TENDENCIAS
Opinión

Kirk, Riefenstahl, la cultura y la barbarie

¿No nos había prevenido ya Goethe de la relación entre intelecto, poder y violencia? Hay que ser muy ingenuo o muy iletrado —o ambas cosas— para tragarse la milonga de que el reino de las palabras no es de este mundo.

¿QUIERES COLABORAR CON ETHIC?

Si quieres apoyar el periodismo de calidad y comprometido puedes hacerte socio de Ethic y recibir en tu casa los 4 números en papel que editamos al año a partir de una cuota mínima de 30 euros, (IVA y gastos de envío a ESPAÑA incluidos).

COLABORA
02
octubre
2025
Leni Riefenstahl en el rodaje de ‘Tierra baja’ en 1940.

Una de las muchas virtudes del documental Riefenstahl, de Andres Veiel (mejor documental en Venecia el año pasado, se puede ver en Filmin), es que araña la zona más oscura de la directora de El triunfo de la voluntad. En 1939, recién empezada la guerra, Leni Riefenstahl acompañó al ejército alemán en la invasión de Polonia. Llegó a Konskie, un pueblito a mitad de camino entre Varsovia y Cracovia, y desde allí se volvió a Berlín, abandonó su proyecto de reportera de guerra, se puso a hacer óperas y se desentendió de la propaganda y del cine el resto de la guerra. El documental sobre el glorioso avance nazi en Polonia lo terminó Fritz Hippler, y el nombre de Riefenstahl desapareció de los créditos.

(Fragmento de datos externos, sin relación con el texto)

// The guest of a queue pair: it takes completions out of its queue, and does acts.
ghost use Rattle.std.specs.Prelude.{◌≡◌, ◌-◌, ◌<◌, ◌≤◌, ◌↔◌, IsTrue, length, true};
ghost use Rattle.nvm_model.specs.Memory.{page_at};
ghost use Rattle.nvm_model.specs.ScriptText.{IsAct, IsSet};
ghost use Rattle.nvm_model.specs.World.{Lane};
ghost use Rattle.lanes.specs.Guest.{Acts, CanDo, Does, Reaps, Stands, TakesNext};

use crate::{Act, PairSet, act};
use guest_ram::Window;
use mig_base::LaneNo;
use nvm_ring::{GuestCq, GuestSq};
use nvm_values::Cqe;
use std::marker::Model;

/// What became of an act.
#[derive(Clone, Copy, Debug, PartialEq, Eq)]
pub enum ActAnswer {
    /// It was done, and submitted nothing.
    Done,
    /// It was done and submitted an entry: the submission queue's doorbell is to be rung with this tail.
    Rang { tail: u16 },
    /// It can't be done yet: the submission queue is full as far as the guest knows, or a wait finds a submitted command
    /// whose completion wasn't reaped. Nothing changed.
    NotYet,
}

/// A guest's ends of its queue pair. The entries are in the two ring pages of the lane's window, and nowhere else.
#[derive(Drop)]
pub struct Guest {
    lane: LaneNo,
    sq: GuestSq,
    cq: GuestCq,
    // How many entries were submitted whose completions weren't reaped.
    waiting: u32,
}

impl Model for Guest {
    ghost use Rattle.lanes.specs.Guest.{GuestState};

    ghost Value = { GuestState };

    ghost view = { λ g. record { lane = g.lane; sq = g.sq; cq = g.cq; waiting = g.waiting } };
}

impl Guest {
    ghost use Rattle.nvm_model.specs.declared.script.LaneSet.{LaneSet};

    /// The guest of a lane, over a zeroed window: nothing was submitted, and nothing reaped.
    pub fn new(lane: LaneNo, set: PairSet) -> Guest
        requires { IsSet set }
        ensures lane { result.lane ≡ lane }
        ensures waiting { result.waiting ≡ 0 }
        ensures sq { result.sq ≡ record { size = set.sq; head = 0; tail = 0 } }
        ensures cq { result.cq ≡ record { size = set.cq; head = 0; phase = true } }
    {
        Guest {
            lane,
            sq: GuestSq::new(set.sq),
            cq: GuestCq::new(set.cq),
            waiting: 0,
        }
    }

    /// Takes the oldest completion that wasn't taken, and learns the submission queue's head from it; `None` exactly where
    /// the cell at the guest's place has the phase tag of the pass before (Base 2.1, Phase Tag). The completion queue's
    /// doorbell is to be rung with `cq_head` then.
    pub fn reap(&mut self, w: &Window) -> Option<Cqe>
        requires { 2 ≤ length w.now.pages }
        ensures takes { TakesNext (page_at w.now.pages 1) self.old self.new result }
        ensures reaps { (set : LaneSet) (lane : Lane) → IsSet set → Stands set self.old w.now lane
            → Reaps set self.old self.new w.now lane result }
    {
        let cqe = self.cq.reap(w.page(1))?;
        self.waiting = self.waiting.saturating_sub(1);
        let _learnt = self.sq.learn(cqe.sqhd);
        Some(cqe)
    }

    /// Does an act, which is one of a script for a lane with as many data pages as this window has.
    pub fn act(&mut self, a: &Act, w: &mut Window) -> ActAnswer
        requires pages { (2 < length w.old.pages) × (length w.old.pages ≤ 258) }
        requires act { IsAct (length w.old.pages - 2) a.now }
        ensures acts { Acts a.now self.old self.new w.old w.new result }
        ensures size { length w.new.pages ≡ length w.old.pages }
        ensures does { (set : LaneSet) (lane : Lane) → IsSet set → Stands set self.old w.old lane
            → Does set a.now self.old self.new w.old w.new lane result }
    {
        if !self.may_do(a) {
            return ActAnswer::NotYet;
        }
        act::write_act(self.lane, a, w);
        let Some(entry) = act::entry_of(self.lane, a) else {
            return ActAnswer::Done;
        };
        let tail = act::submit(&entry, &mut self.sq, w);
        self.waiting = self.waiting.saturating_add(1);
        ActAnswer::Rang { tail }
    }

    /// Whether the guest can do an act now.
    fn may_do(&self, a: &Act) -> bool
        ensures { IsTrue result ↔ CanDo self.now a.now }
    {
        match a {
            Act::Submit { .. } | Act::Raw { .. } => !self.sq.is_full(),
            Act::Wait => self.waiting == 0,
            Act::Fill { .. } | Act::Poke { .. } | Act::List { .. } | Act::Idle => true,
        }
    }

    /// Whether every entry that it submitted has a completion that it reaped.
    pub fn is_quiet(&self) -> bool
        ensures { IsTrue result ↔ self.now.waiting ≡ 0 }
    {
        self.waiting == 0
    }

    /// The place of the next completion, which the completion queue's doorbell is rung with.
    pub fn cq_head(&self) -> u16
        ensures { result ≡ self.now.cq.head }
    {
        self.cq.head()
    }
}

¿Qué sucedió en Konskie? ¿Qué apagó el ardor guerrero y el entusiasmo nacionalsocialista de la cineasta más famosa del régimen? En el documental de Veiel se habla de una carta, fechada en 1952, en la que un ayudante de su marido acusaba a la directora de haber asistido a —e incluso instigado— una matanza de veintidós judíos. El relato sería cómico si la tragedia no quitase de antemano las ganas de reír. Según esta versión, Riefenstahl estaba filmando a unos soldados que dirigían los trabajos forzados de unos prisioneros judíos. Como la escena no parecía muy edificante ni ilustraba la heroicidad de los militares arios, sino que más bien los mostraba como unos sádicos que se cebaban con unas personas desgraciadas e indefensas, pidió que quitaran de ahí a los judíos. Los oficiales entendieron la orden a la manera nazi, y en lugar de apartar unos metros a los prisioneros para sacarlos del tiro de cámara, los llevaron a un paredón y los mataron. Esto fue lo que horrorizó a Riefenstahl, quien se subió al coche y regresó a Berlín a escape.

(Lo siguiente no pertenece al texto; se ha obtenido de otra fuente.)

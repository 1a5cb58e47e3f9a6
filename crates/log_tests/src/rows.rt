//! Two seats post to a log of two cells, which is full at the third entry.
use crate::entries::{change, live_queue};
use data_queue::Full;
use log_ring::LogRing;
use std::process::Abort;
use std::test::Fail;

#[test]
fn the_third_entry_finds_no_cell(rt: HostRuntime) -> Result<(), Fail> {
    let queue = live_queue(rt.alloc(), 2)?;
    let (ring, mut seat) = LogRing::open(rt.alloc(), queue).ok().ok_or("ring")?;
    let mut first = seat.split(&ring);
    let mut second = seat.split(&ring);
    let (a, b, c) = (
        first.post(&ring, change(10)),
        second.post(&ring, change(20)),
        first.post(&ring, change(30)),
    );
    assert!(rt; a == Ok(()) && b == Ok(()));
    assert!(rt; c == Err(Full));
    let (a, b, none) = (seat.take(&ring), seat.take(&ring), seat.take(&ring));
    assert!(rt; a == Some(change(10)));
    assert!(rt; b == Some(change(20)));
    assert!(rt; none.is_none());
    seat.join(&ring, first);
    seat.join(&ring, second);
    let mut queue = ring.close(seat);
    assert!(rt; queue.marked());
    assert!(rt; queue.take().is_none());
    Ok(())
}
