ghost use Rattle.std.specs.Prelude.{◌≡◌, ◌+◌, ◌<◌, ◌≤◌, ◌^◌, ◌++◌, length, codes};
ghost use Rattle.nvm_model.specs.Text.{field, last_field, status_text, outcome_text, digest_text, bit, line_text, IsLine, IsEventOf, IsStatus, IsOutcome, IsDigest, HasForm};

use crate::{Line, LineBuf, Outcome};
use mig_base::{LaneNo, Span};
use nvm_values::Status;

/// Makes `out` the one text of the line, with its line feed. It is a line's form where no digest stands beside `Differs`.
pub fn print_line(line: &Line, out: &mut LineBuf)
    ensures text { out.new ≡ line_text line.now }
    ensures form { HasForm line.now → IsLine line.now }
{
    out.clear();
    match *line {
        Line::Title => out.push(b"nvmigrate transcript 1\n"),
        Line::Ready => out.push(b"ready\n"),
        Line::Act { lane, n } => print_pair(b"act ", u32::from(lane.get()), n, out),
        Line::Reap {
            lane,
            cid,
            status,
            head,
            phase,
        } => {
            print_start(b"reap ", lane, cid, out);
            print_completion(status, head, phase, out)
        }
        Line::Fetch {
            lane,
            cid,
            status,
            pieces,
        } => {
            print_start(b"fetch ", lane, cid, out);
            print_check(status, pieces, out)
        }
        Line::Piece {
            lane,
            cid,
            first,
            count,
            outcome,
            digest,
        } => {
            print_start(b"piece ", lane, cid, out);
            print_piece(Span { first, count }, outcome, out);
            print_digest(digest, out)
        }
        Line::Post { lane, cid, status } => {
            print_start(b"post ", lane, cid, out);
            print_status(status, out)
        }
        Line::Migrate => out.push(b"migrate\n"),
        Line::Restart => out.push(b"restart\n"),
        Line::Round { owed, pages } => print_pair(b"round ", owed, pages, out),
        Line::Suspend => out.push(b"suspend\n"),
        Line::Pause { blocks, pages } => print_pair(b"pause ", blocks, pages, out),
        Line::ResumeTo => out.push(b"resume to\n"),
        Line::GiveUp => out.push(b"give up\n"),
        Line::End => out.push(b"end\n"),
    }
}

fn print_pair(word: &[u8], a: u32, b: u32, out: &mut LineBuf)
    requires { length out.old + length word.now ≤ 10 }
    ensures { out.new ≡ out.old ++ word.now ++ field a ++ last_field b }
{
    out.push(word);
    out.push_field(a);
    out.push_last_field(b);
}

fn print_start(word: &[u8], lane: LaneNo, cid: u16, out: &mut LineBuf)
    requires { length out.old + length word.now ≤ 10 }
    ensures text { out.new ≡ out.old ++ word.now ++ field lane ++ field cid }
    ensures short { length out.new ≤ 32 }
    ensures form { IsEventOf lane cid }
{
    out.push(word);
    out.push_field(u32::from(lane.get()));
    out.push_field(u32::from(cid));
}

fn print_completion(status: Status, head: u32, phase: bool, out: &mut LineBuf)
    requires { length out.old ≤ 32 }
    ensures text { out.new ≡ out.old ++ status_text status ++ codes " " ++ field head ++ last_field (bit phase) }
    ensures form { IsStatus status × (head < 2 ^ 32) }
{
    push_status(status, out);
    out.push(b" ");
    out.push_field(head);
    out.push_last_field(u32::from(phase));
}

fn print_check(status: Status, pieces: u32, out: &mut LineBuf)
    requires { length out.old ≤ 32 }
    ensures text { out.new ≡ out.old ++ status_text status ++ codes " " ++ last_field pieces }
    ensures form { IsStatus status × (pieces < 2 ^ 32) }
{
    push_status(status, out);
    out.push(b" ");
    out.push_last_field(pieces);
}

fn print_status(status: Status, out: &mut LineBuf)
    requires { length out.old ≤ 32 }
    ensures text { out.new ≡ out.old ++ status_text status ++ codes "\n" }
    ensures form { IsStatus status }
{
    push_status(status, out);
    out.push(b"\n");
}

fn print_piece(span: Span, outcome: Outcome, out: &mut LineBuf)
    requires { length out.old ≤ 32 }
    ensures text { out.new ≡ out.old ++ field span.first ++ field span.count ++ outcome_text outcome }
    ensures short { length out.new ≤ 80 }
    ensures form { (span.first < 2 ^ 32) × (span.count < 2 ^ 32) × IsOutcome outcome }
{
    out.push_field(span.first);
    out.push_field(span.count);
    print_outcome(outcome, out);
}

fn print_outcome(outcome: Outcome, out: &mut LineBuf)
    requires { length out.old ≤ 60 }
    ensures text { out.new ≡ out.old ++ outcome_text outcome }
    ensures short { length out.new ≤ length out.old + 18 }
    ensures form { IsOutcome outcome }
{
    match outcome {
        Outcome::Done => out.push(b"ok"),
        Outcome::Faulted { at } => {
            out.push(b"fault ");
            out.push_number(at)
        }
        Outcome::Differs { at } => {
            out.push(b"differs ");
            out.push_number(at)
        }
    }
}

fn print_digest(digest: Option<[u8; 32]>, out: &mut LineBuf)
    requires { length out.old ≤ 80 }
    ensures text { out.new ≡ out.old ++ digest_text digest }
    ensures form { IsDigest digest }
{
    match digest {
        None => out.push(b"\n"),
        Some(bytes) => {
            out.push(b" ");
            out.push_hex(&bytes);
            out.push(b"\n")
        }
    }
}

/// A status: its type, a space, and its code.
fn push_status(status: Status, out: &mut LineBuf)
    requires { length out.old + 13 ≤ 192 }
    ensures text { out.new ≡ out.old ++ status_text status }
    ensures short { length out.new ≤ length out.old + 13 }
    ensures form { IsStatus status }
{
    out.push_field(u32::from(status.sct));
    out.push_hex(&[status.sc]);
}
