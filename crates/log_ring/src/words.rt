//! The words of a log's cells, and the places of its positions.
ghost use Rattle.std.specs.Prelude.{◌≡◌, ◌+◌, ◌*◌, ◌<◌, ◌≤◌, Bool, cond, replicate};
ghost use Rattle.nvm_model.specs.Event.{phase_of};
ghost use Rattle.data_queue.specs.declared.change.Change.{Change as TheChange};
ghost use Rattle.data_queue.specs.Change.{IsChange, change_bytes};
ghost use Rattle.log_rule.specs.Places.{tag};
ghost use Rattle.log_ring.specs.Words.{change_in, entry_word};

use data_queue::{Change, Places};
use mig_base::Span;

/// The word of an entry.
pub(crate) fn to_word(c: Change, phase: bool) -> u64
    requires { IsChange c }
    ensures word { result ≡ entry_word c phase }
    ensures back { change_in result ≡ c }
    ensures tag { tag result ≡ phase }
{
    let body = u64::from(c.span.first) + 4_294_967_296 * u64::from(c.span.count);
    let high = if phase { 9_223_372_036_854_775_808 } else { 0 };
    body + high
}

/// The change in a word.
pub(crate) fn to_change(word: u64) -> Change
    ensures { result ≡ change_in word }
{
    Change {
        span: Span {
            first: (word % 4_294_967_296) as u32,
            count: (word / 4_294_967_296 % 256) as u32,
        },
    }
}

/// The word of a cell's bytes, 0 where they are no entry.
pub(crate) fn word_of(cell: &[u8; 32]) -> u64
    ensures entry { (c : TheChange) (phase : Bool) → IsChange c → change_bytes c phase ≡ cell.now → result ≡ entry_word c phase }
    ensures zeroes { cell.now ≡ replicate 32 0 → result ≡ 0 }
{
    match Change::parse(cell) {
        Some((c, phase)) => to_word(c, phase),
        None => 0,
    }
}

/// The phase tag of a word.
pub(crate) fn is_tagged(word: u64) -> bool
    ensures { result ≡ tag word }
{
    word >= 9_223_372_036_854_775_808
}

/// The phase tag of a position.
pub(crate) fn phase_at(cells: u64, position: u64) -> bool
    requires { 0 < cells }
    ensures { result ≡ phase_of cells position }
{
    position / cells % 2 == 0
}

/// The position of the next entry of a queue with these places.
pub(crate) fn tail_of(places: Places, cells: u64) -> u64
    requires cells { cells ≤ 65536 }
    requires next { places.next < cells }
    ensures { result ≡ places.next + cells * cond places.phase 2 3 }
{
    let passes = if places.phase { 2 } else { 3 };
    u64::from(places.next) + cells * passes
}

Hay que aclarar que esta carta es la única prueba acusatoria contra la cineasta: es un testimonio de segunda mano, el autor del texto no presenció la escena, y la recordaba trece años después y en un clima de acusaciones y presunta desnazificación. En un juicio, Riefenstahl quedaría absuelta al no poder demostrarse su participación en los hechos. Su interés no es penal, sino ético, pues demuestra algo más relevante que un crimen concreto: la relación de la cultura con la barbarie. El episodio conecta a la directora de cine con la abyección, pringando de sangre sus coartadas intelectuales.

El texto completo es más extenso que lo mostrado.